Concluida su labor aquí, Pablo decide regresar a
Siria; sin embargo, una conspiración contra él le obliga a elegir la ruta
terrestre para volver. No obstante, el Señor no lo abandona y le brinda como
compañeros de viaje a algunos de los discípulos de las ciudades en que había
predicado; además, en el camino se les une Lucas. Este viaje, en parte forzado,
se convierte en una buena oportunidad para visitar a las iglesias que nacen en
Grecia y Asia Menor, y de celebrar con ellos, en comunidad, las festividades de
la Pascua y la Eucaristía. Precisamente, en Tróade, durante la celebración de
la Eucaristía, que se había alargado hasta altas horas de la noche, Pablo obra
un milagro: resucita a un joven que había caído desde la ventana al quedarse
dormido durante su predicación. De esta manera, las palabras de Pablo quedan
respaldadas por los actos, demostrándose que no están vacías.

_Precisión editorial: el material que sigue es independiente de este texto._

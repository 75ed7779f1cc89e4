//! Finds a line that cron(8) starts more than once in a minute, by the clock of a zone.
ghost use Rattle.std.specs.Prelude.{◌≡◌, IfOk, option_map};
ghost use Rattle.std.specs.List.{find, list_any};
ghost use Rattle.cs_decl.specs.Faults.{first_fault};
ghost use Rattle.cs_decl.specs.Join.{zone_of};
ghost use Rattle.cs_decl.specs.TwiceStarted.{AreAll, is_twice_at, starts_twice, starts_twice_at};
ghost use Rattle.cs_decl.specs.TwiceStarted.{twice_started};

use crate::clock::zone_of;
use crate::entries::Entries;
use crate::forward::{Start, forward_on};
use cs_civil::{Sequence, all_kinds};
use cs_crontab::{Line, Schedule, When};
use cs_plan::{DeclFault, Found, Place};
use cs_zone::Zone;
use std::alloc::{AllocError, Global};

/// The minutes in which clocks have just gone forward; none without summer time.
fn starts_after_jumps(alloc: Global, zone: Zone) -> Result<Sequence<Start>, AllocError>
    ensures { IfOk result (λ starts. AreAll zone starts) }
{
    let mut starts = Sequence::new(alloc);
    if zone.saving() == 0 {
        return Ok(starts);
    }
    for kind in all_kinds() {
        if let Some(minute) = forward_on(zone, kind) {
            starts.push(Start { kind, minute })?;
        }
    }
    Ok(starts)
}

fn is_twice(zone: Zone, schedule: &Schedule, starts: &[Start]) -> bool
    ensures { result ≡ list_any (is_twice_at zone schedule.now) starts.now }
{
    for start in starts {
        if zone.starts(schedule, start.kind, start.minute) > 1 {
            return true;
        }
    }
    false
}

fn starts_twice(zone: Zone, starts: &[Start], line: &Line) -> bool
    ensures { result ≡ starts_twice_at zone starts.now line.now.when }
{
    match line.when() {
        When::At(schedule) => is_twice(zone, schedule, starts),
        When::Reboot => false,
    }
}

fn first_twice<'l>(zone: Zone, starts: &[Start], lines: &'l [Line]) -> Option<&'l Line>
    ensures { option_map (λ l. l.now) result
        ≡ find (λ line. starts_twice_at zone starts.now line.when) lines.now }
{
    lines.iter().find(|line| starts_twice(zone, starts, line))
}

/// Returns the number of the first line that cron(8) starts more than once in a minute by the clock
/// of the entries' zone; `None` if there is none, or no zone. Memory may run out.
pub fn line_started_twice(
    alloc: Global,
    entries: &Entries,
    lines: &[Line],
) -> Result<Option<u32>, AllocError>
    ensures { IfOk result (λ number. number ≡ option_map (λ l. l.number)
        (find (λ line. starts_twice (zone_of entries.now) line.when) lines.now)) }
{
    let zone = zone_of(entries);
    let starts = starts_after_jumps(alloc, zone)?;
    match first_twice(zone, starts.as_slice(), lines) {
        Some(line) => Ok(Some(line.number())),
        None => Ok(None),
    }
}

#[tactic(auto, unfolding(crate::specs::TwiceStarted::twice_started))]
pub(crate) fn twice_started(
    alloc: Global,
    entries: &Entries,
    lines: &[Line],
) -> Result<Option<Found>, AllocError>
    ensures { IfOk result
        (λ f. f ≡ first_fault (twice_started (zone_of entries.now) lines.now)) }
{
    match line_started_twice(alloc, entries, lines)? {
        Some(number) => Ok(Some((DeclFault::StartsTwice, Some(Place::Line(number))))),
        None => Ok(None),
    }
}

El viaje continúa por Asón, Mitilene, Quío y Samos,
hasta llegar a Mileto. Pablo prefiere no visitar a los hermanos de Éfeso para
llegar a tiempo de celebrar Pentecostés en Jerusalén. Sin embargo, Pablo sabe
que no volverá a verlos y desea despedirse de ellos. Manda llamar a los ancianos
de la Iglesia de Éfeso y, una vez reunidos, les anuncia
que, en Jerusalén, será preso. Les recuerda la misión de servicio que, Dios,
por medio de él, les ha encomendado, así como su propia predicación del
Evangelio. Además, los conmina a aferrarse a Éste, porque van a llegar tiempos
difíciles, tiempos en los que van a surgir persecuciones y falsos profetas que,
ávidos de fama, dividirán a los cristianos. Unos peligros que aún siguen
acechándonos. Tras encomendarlos a Dios y celebrar la oración comunitaria,
Pablo es despedido por sus discípulos con lágrimas en los ojos.